オピニオン

2021年5月10日

日蓮宗信行道場

 日蓮宗信行道場は、日蓮宗第29代管長(身延山第83世)望月日顕法主(1865~1943)により昭和12年(1937)に開設された。混乱した社会状況の中、当時日蓮宗では将来に向けた僧道修行のあり方が課題となっていた。望月管長は、「日蓮宗僧侶の根本修行道場を祖山身延山に」の信念から信行道場の開設を決意。大講堂の寄進を函館市實行寺檀家・筆頭総代梅津福次郎氏(1858~1942)に依頼した。
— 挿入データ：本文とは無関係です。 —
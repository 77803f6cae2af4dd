//! What is wrong where faces disagree.

use std::fmt;
use tl_geom::Rational;
use tl_record_key::PolyKey;

/// What a segment names on its side toward another: the TLID of its chain, the key of the polygon there, or none where it is the
/// outside, and the place of the segment from which it faces the other, in millionths of a degree and in lowest terms.
#[derive(Clone, Copy, Debug, PartialEq, Eq)]
pub struct NamedFace {
    pub tlid: u64,
    pub polygon: Option<PolyKey>,
    pub at: Rational,
}

/// The two ways along a line of one height: to the west of a segment and slightly to the south, or to its east and slightly to the
/// north.
#[derive(Clone, Copy, Debug, PartialEq, Eq)]
pub enum Way {
    West,
    East,
}

impl Way {
    ghost use Rattle.std.specs.Prelude.{◌≡◌};
    ghost use Rattle.tl_check_faces.specs.FaultTexts.{way_text};

    /// The word for it.
    pub fn word(&self) -> &'static str
        ensures { result.now ≡ way_text self.now }
    {
        match self {
            Way::West => "west",
            Way::East => "east",
        }
    }
}

impl fmt::Display for Way {
    ghost use Rattle.std.specs.Prelude.{Some};
    ghost use Rattle.tl_check_faces.specs.FaultTexts.{way_text};

    ghost output = { λ way. Some (way_text way) };

    fn fmt<W: fmt::Write>(&self, f: &mut fmt::Formatter<W>) -> fmt::Result {
        f.write_str(self.word())
    }
}

/// G7: faces that disagree.
#[derive(Clone, Copy, Debug, PartialEq, Eq)]
pub enum FaceFault {
    /// Two segments face one another, and name different sides there.
    Facing { first: NamedFace, last: NamedFace },
    /// Nothing lies on the line from the segment this way, which has no end, and the segment doesn't name the outside there.
    Outward { face: NamedFace, way: Way },
}

impl fmt::Display for NamedFace {
    ghost use Rattle.std.specs.Prelude.{Some};
    ghost use Rattle.tl_check_faces.specs.FaultTexts.{named_face_text};

    ghost output = { λ face. Some (named_face_text face) };

    fn fmt<W: fmt::Write>(&self, f: &mut fmt::Formatter<W>) -> fmt::Result {
        let (tlid, at) = (self.tlid, self.at);
        match self.polygon {
            Some(polygon) => write!(
                f,
                "tlid {tlid} polygon {polygon} at {} {} {}",
                at.x, at.y, at.d
            ),
            None => write!(f, "tlid {tlid} outside at {} {} {}", at.x, at.y, at.d),
        }
    }
}
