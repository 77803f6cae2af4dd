//! What all segments that cross a height have on their sides: where sides agree, each side as often near as far. So the
//! ray to the west counts as the ray to the east does, and a polygon counts nothing outside of the box of its boundary.
//! And where sides agree, a count at a point is what those rings add whose rectangles hold the point.
//!
//! [`laws`] states it of the definitions of `tl_check_inside` and of those in `specs`, of any chains that are proper, as those
//! of a map are (`Map::has_proper_chains` of `tl_map_county`).

pub mod laws;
梅津氏の出身地・茨城県常陸太田市の郷土資料館梅津会館に大講堂の設計図と関係資料が保管されている。望月管長の手紙には「宗門にても宗立として身延山信行道場を設立いたし…日蓮宗第二世の僧侶の修養道場御寄進にあずかりたく…」と記され、さらに「…渡函の際、御願申上置き信行道場一基建立御快諾聴取り存じ候‥」と承諾の旨が記されている。大講堂建立を伝える貴重な資料だ。信行道場では毎年梅津氏の追善供養を行っている。
 信行道場は、かつて西谷檀林善学院があった場所に建つ。善学院日境上人(身延山14世)は、弘治2年(1556)身延山西谷に隠栖し庵室善学院を結び三大部を講じた。西谷檀林(身延檀林)の始まりである。後に心性院日遠上人(身延山第22世)により檀林の体制が整えられた。
檀林とは、学室ともいい仏教各宗派が僧侶の教育機関として設けた学問所のこと。年間200日が開講され、今でいう中学生から大学院生まで約13年間だった。修学課程により履物や扇など持物が区別され、入檀1年目は手の甲を足のかかとや膝に付けて歩く。2年目は胸に付けて歩くなど歩行所作も決められていた。学僧は谷(学寮)で寄宿し、指南頭から三宝給仕はもちろん、上下礼節・礼儀作法の指導を受け、障子開閉・草抜掃除、一挙手一投足の立居振舞まで社会の模範となるよう教育された。自坊に残る『鷹峰檀林山門永則』「二枚舌で和合僧を破る事永々追放」等の制掟がその厳しさを伝える。
 日蓮宗信行道場で35日間の結界修行を積むことにより初めて日蓮宗の教師(僧侶)として認可される。講義や法要実習はもちろん、僧侶としての品格、実践的知識の習得を目指す。数年前に訓育主任を勤めた時の事である。1人は70歳を超えた女性道場生。夜中に押し入れをゴソゴソ。講義中はウトウトと報告があった。「辛いですか。帰りますか」と尋ねると、「大丈夫です。死んでも帰りません」と返答。もう1人は外国人女性。正座で足を痛め歩くのも辛い。日常会話も難しく、ローマ字で法華経を読誦していた。心配して面接すると「日蓮宗のお坊さんになるために来ました。頑張ります。」と語る。2人の堅い決意が印象的だった。
50年ぶりの改修工事で北寮や教師寮が新築、大講堂も耐震設備が施された。医務室や身障者、外国人用の居室が整備され充実した修行環境が整えられた。昨年度は全て中止されたが、今年度は4期の開設予定、すでに第1期信行道場が始まっている。暁天の水行から始まり、朝勤、講義、法要修礼、書写行、夕勤、夜勤の唱題行まで厳しい日課が続く。
 「給仕第一・行法第二・学解第三」を道場清規として修行が行われる日蓮宗信行道場。日蓮聖人の御廟所に毎日直参し師巌道尊の精神が養われる。
 コロナ禍での修行は道場生にとっても訓育部にとっても厳しい35日間になるに違いない。修行場の歴史と先師の徳香に護られながら無事修了されることを祈っている。